== Task item ==
Count how many lines below include the word "card". Answer with a number only.

===== Records provided

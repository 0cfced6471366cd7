// What every other crate shares: the refusals of the service card, a copy of bytes, and in proofs/ facts of logic, lists and arithmetic.
#![tactic(auto)]

ghost use Rattle.std.specs.Prelude.{◌≡◌, length};

pub mod card;

// Copies bytes into a part of their length. A loop, and not the library's `copy_from_slice`: of that the compiler makes a `memmove`, and
// firmware without a C library is to supply `memcpy` and `memset` alone.
// One index goes for both: with `to.iter_mut().zip(bytes)` no proof knows what is written through the pair.
#[tactic(auto, using(crate::proofs::Lists::filled_none))]
pub fn copy_bytes(to: &mut [u8], bytes: &[u8])
    requires { length to.old ≡ length bytes.now }
    ensures { to.new ≡ bytes.now }
{
    for (i, byte) in to.iter_mut().enumerate() {
        *byte = bytes[i];
    }
}
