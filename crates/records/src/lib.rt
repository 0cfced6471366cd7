// What a capture writes: the stamp, the record and the alarm record, into a lent part.
#![tactic(auto)]

pub mod alarm;
pub mod event;
pub mod flags;
pub mod moment;
pub mod record;
pub mod stamp;
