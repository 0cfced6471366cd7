// The groups of a record: Booleans repacked, texts cleaned, numbers as they stand in the live table.
// A lent part, of archive memory or of the reply buffer, is handed on from writer to writer, piece by piece: a form that the project asks for.
ghost use Rattle.std.specs.Prelude.{◌≡◌, ◌+◌, ◌<◌, ◌≤◌, length};
ghost use Rattle.basics.specs.Lists.{tabulate};
ghost use Rattle.points.specs.Table.{table_bytes};
ghost use Rattle.points.specs.Groups.{groups_size};
ghost use Rattle.records.specs.Capture.{text_byte, cleaned, is_text, value_byte, captured_points, captured_group};
ghost use Rattle.records.specs.Record.{captured_groups};
ghost use Rattle.records.specs.Lent.{LentRun, LentGroup, LentPlace, Placed};

use crate::flags::write_flags;
use basics::copy_bytes;
use points::groups::group_at;
use points::table::TABLE_BYTES;
use points::{Group, Kind, Run};

// How a byte of text is captured, or polled live: 00 and 20 to 7E hex as they stand, any other as a question mark.
#[tactic(auto, unfolding(crate::specs::Capture::text_byte))]
fn text_byte(byte: u8) -> u8
    ensures { result ≡ text_byte byte }
{
    match byte {
        0 | 0x20..=0x7E => byte,
        _ => b'?',
    }
}

// Copies texts into a part of their length, each byte cleaned. In one walk: copied and then cleaned in place takes 1.4 times as long.
// One index goes for both: with `part.iter_mut().zip(texts)` no proof knows what is written through the pair.
#[tactic(auto, using(basics::proofs::Lists::filled_none))]
fn copy_texts(part: &mut [u8], texts: &[u8])
    requires { length part.old ≡ length texts.now }
    ensures { part.new ≡ cleaned texts.now }
{
    for (i, byte) in part.iter_mut().enumerate() {
        *byte = text_byte(texts[i]);
    }
}

// Whether a kind is one of the two text kinds.
fn is_text(kind: Kind) -> bool
    ensures { result ≡ is_text kind }
{
    matches!(kind, Kind::Text8 | Kind::Text16)
}

// Writes the bytes of the table from place `from` on, as a kind's are captured or polled live, into a part that they fill.
// Two ways, by the rule's own test: texts are cleaned, all else goes as it stands.
#[tactic(auto, using(crate::proofs::Laws::points_laws))]
fn write_values(part: &mut [u8], table: &[u8], kind: Kind, from: usize)
    requires { from + length part.old ≤ length table.now }
    ensures { part.new ≡ tabulate (length part.old) (value_byte kind table.now from) }
{
    let values = &table[from..from + part.len()];
    if is_text(kind) {
        copy_texts(part, values);
    } else {
        copy_bytes(part, values);
    }
}

// Writes points of a row into a part of their size.
#[tactic(auto, using(crate::proofs::Laws::points_laws))]
pub fn write_points(part: &mut [u8], table: &[u8], run: Run)
    requires lent { LentRun part.old run }
    requires whole { length table.now ≡ table_bytes }
    ensures { part.new ≡ captured_points table.now run.row run.point run.count }
{
    let row = run.row;
    let offset = usize::from(row.offset);
    let first = usize::from(run.point - row.first);
    if row.is_bits() {
        write_flags(part, table, offset, first, usize::from(run.count));
    } else {
        let size = usize::from(row.size);
        write_values(part, table, row.kind, offset + first * size);
    }
}

// Writes one group into a part of its size; an unused group's is empty.
pub fn write_group(part: &mut [u8], table: &[u8; TABLE_BYTES], group: Group)
    requires { LentGroup part.old group }
    ensures { part.new ≡ captured_group table.now group }
{
    match group {
        Group::Unused | Group::Bad => {}
        Group::Points(run) => write_points(part, table, run),
    }
}

// Writes the group at place g from byte `at` on, and answers the byte behind it.
// The place goes on and not the rest of the part, as `split_at_mut` gives it: of a `&mut` that a loop hands on no proof closed, since
// nothing ties what the last turn leaves to the whole part.
#[tactic(auto, using(crate::proofs::Laws::lent_group))]
fn write_place(
    part: &mut [u8],
    at: usize,
    table: &[u8; TABLE_BYTES],
    groups: &[u16; 32],
    g: usize,
) -> usize
    requires { LentPlace part.old at groups.now g }
    ensures { Placed part.old at table.now groups.now g result part.new }
{
    let group = group_at(groups, g);
    let end = at + group.bytes();
    write_group(&mut part[at..end], table, group);
    end
}

// Writes the 16 groups of a definition, in order, into a part of their size.
#[tactic(auto, using(crate::proofs::Laws::walk_laws), unfolding(points::specs::Groups::groups_size, crate::specs::Record::captured_groups))]
pub fn write_groups(part: &mut [u8], table: &[u8; TABLE_BYTES], groups: &[u16; 32])
    requires { length part.old ≡ groups_size groups.now 16 }
    ensures { part.new ≡ captured_groups table.now groups.now 16 }
{
    let mut at = 0;
    for g in 0..16 {
        at = write_place(part, at, table, groups, g);
    }
}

==========

== Solution for this exercise ==
2